To engineers with an interest in earthquakes there are a number of advantages in continually and accurately monitoring seismic activity in the UK. Monitoring is an integral part of the way we predict seismic hazard over a desired period. If there is an earthquake it allows us to assess whether intensity measures, like peak ground acceleration, are problematic at a location in terms of an engineered structure.
If working on ground motion prediction equations it allows our models to be tested. If engaged in an activity that causes earthquakes (dam impoundment, fracking, geothermal energy, deep waste water disposal etc.) it allows the effects of such behaviour to be discriminated from background activity. Where an industrial activity is suspected of causing tremors it can allow such claims to be verified or dismissed.
However, this talk does not focus on what we do with earthquake data, but how we get that data in the UK. This presentation outlines the types of seismic stations operated in the UK, how data is handled and some of the pitfalls and problems of running a network that has been operational since 1969. As well as maintaining its own network of sensors the BGS runs seismic stations on behalf of a number of companies across the UK.

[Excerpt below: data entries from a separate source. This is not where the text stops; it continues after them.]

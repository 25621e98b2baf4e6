//! The laws of servers, as functions with empty bodies: their contracts are the laws.

ghost use Rattle.cp_law_servers.specs.Laws.{CoreReportsDone, DoneIsSound, DoneIsStill, ExpandedReportsServed, NoOrderIsStuckButServers, WithoutServers};

/// If all are done, nobody can move and nobody has faulted. Without servers, to be done is to have
/// ended.
pub fn states()
    ensures still { DoneIsStill }
    ensures sound { DoneIsSound }
    ensures none { WithoutServers }
{}

/// A core reports whether all are done.
pub fn cores()
    ensures { CoreReportsDone }
{}

/// What a search shows if servers may wait forever.
pub fn searching()
    ensures none_stuck { NoOrderIsStuckButServers }
    ensures reports { ExpandedReportsServed }
{}
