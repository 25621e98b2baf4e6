//! Tables of names: what the names of a text represent, in the order of their declarations.
//!
//! A name is found by its hash, whose key is a digest of all names of the text (`key`), so that no
//! one can write a text whose names collide. Among few names it is found by comparison.
#![tactic(auto)]

mod key;
mod name;
mod table;

pub use key::Key;
pub use table::NameTable;
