// Why a script is not listed.
ghost use Rattle.std.specs.Prelude.{◌≡◌};
ghost use Rattle.listing.specs.Refusals.{number_of};

#[derive(Clone, Copy, PartialEq, Eq, Debug)]
pub enum ListingError {
    // there is no such agent
    Unknown,
    // the output is shorter than the text
    Short,
}

impl ListingError {
    // The number by which a refusal is known.
    pub fn number(self) -> usize
        ensures { result ≡ number_of self }
    {
        match self {
            ListingError::Unknown => 1,
            ListingError::Short => 21,
        }
    }
}
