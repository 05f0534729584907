// Scripts as text.
//
// An agent's script is written to the front of a lent output, one line for each instruction: the agent's number, the instruction's
// number, its word and its operands. What is written is exactly that, and what stands behind it is as before; where it does not fit,
// nothing is written.

#![tactic(auto)]

mod laws;
mod refusal;
mod script;
mod text;
mod words;

pub use laws::{listings_tell_scripts_apart, numbers_have_one_decimal};
pub use refusal::ListingError;
pub use script::list;

#[cfg(test)]
mod tests {
    use super::*;
    use protocol::{Protocol, Refusal};
    use std::test::Fail;

    // Parties U (0) and S (1), a number J (2); U starts with S's name and sends S the pair (3) of U and J.
    fn example() -> Result<Protocol, Refusal> {
        let mut protocol = Protocol::blank();
        let u = protocol.name(0)?;
        let s = protocol.name(0)?;
        let j = protocol.name(1)?;
        let pair = protocol.build(0, u, j)?;
        protocol.add_knowledge(1, s)?;
        protocol.add_step(1, 2, pair)?;
        Ok(protocol)
    }

    // Whether an agent's listing is a text, with the output behind it as it was.
    fn is_listing(protocol: &Protocol, agent: usize, text: &[u8]) -> bool {
        let mut output = [7; 100];
        list(protocol, agent, &mut output) == Ok(text.len())
            && output.starts_with(text)
            && output.iter().skip(text.len()).all(|byte| *byte == 7)
    }

    #[test]
    fn one_step_between_two_parties(rt: HostRuntime) -> Result<(), Fail> {
        let protocol = example()?;
        let listener = b"0 0 FROM 0\n0 1 TO 1\n0 2 RECV 3\n0 3 RIGHT 2\n";
        assert!(rt; is_listing(&protocol, 0, listener));
        let sender = b"1 0 GIVEN 0\n1 1 GIVEN 1\n1 2 FRESH 2\n1 3 JOIN 0 2\n1 4 SEND 3 1\n";
        assert!(rt; is_listing(&protocol, 1, sender));
        let receiver =
            b"2 0 GIVEN 1\n2 1 FROM 0\n2 2 RECV 3\n2 3 LEFT 2\n2 4 SAME 3 1\n2 5 RIGHT 2\n";
        assert!(rt; is_listing(&protocol, 2, receiver));
        Ok(())
    }

    // The listener's listing has 43 bytes.
    #[test]
    fn refusals_leave_the_output(rt: HostRuntime) -> Result<(), Fail> {
        let protocol = example()?;
        let mut output = [7; 43];
        let refused = list(&protocol, 0, &mut output[..42]);
        assert!(rt; refused == Err(ListingError::Short) && ListingError::Short.number() == 21);
        let refused = list(&protocol, 3, &mut output);
        assert!(rt; refused == Err(ListingError::Unknown) && ListingError::Unknown.number() == 1);
        assert!(rt; output.iter().all(|byte| *byte == 7));
        assert!(rt; list(&protocol, 0, &mut output) == Ok(43));
        Ok(())
    }
}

These are typically to provide absolute measurements of ground motion during an earthquake and are installed at dams and power stations. In some cases these stations aid site specific characterization in advance of major civil engineering projects. The design and use of these site specific monitoring stations will be discussed in detail, including how the data from such stations is combined with the wider BGS network to enhance the functionality of the data.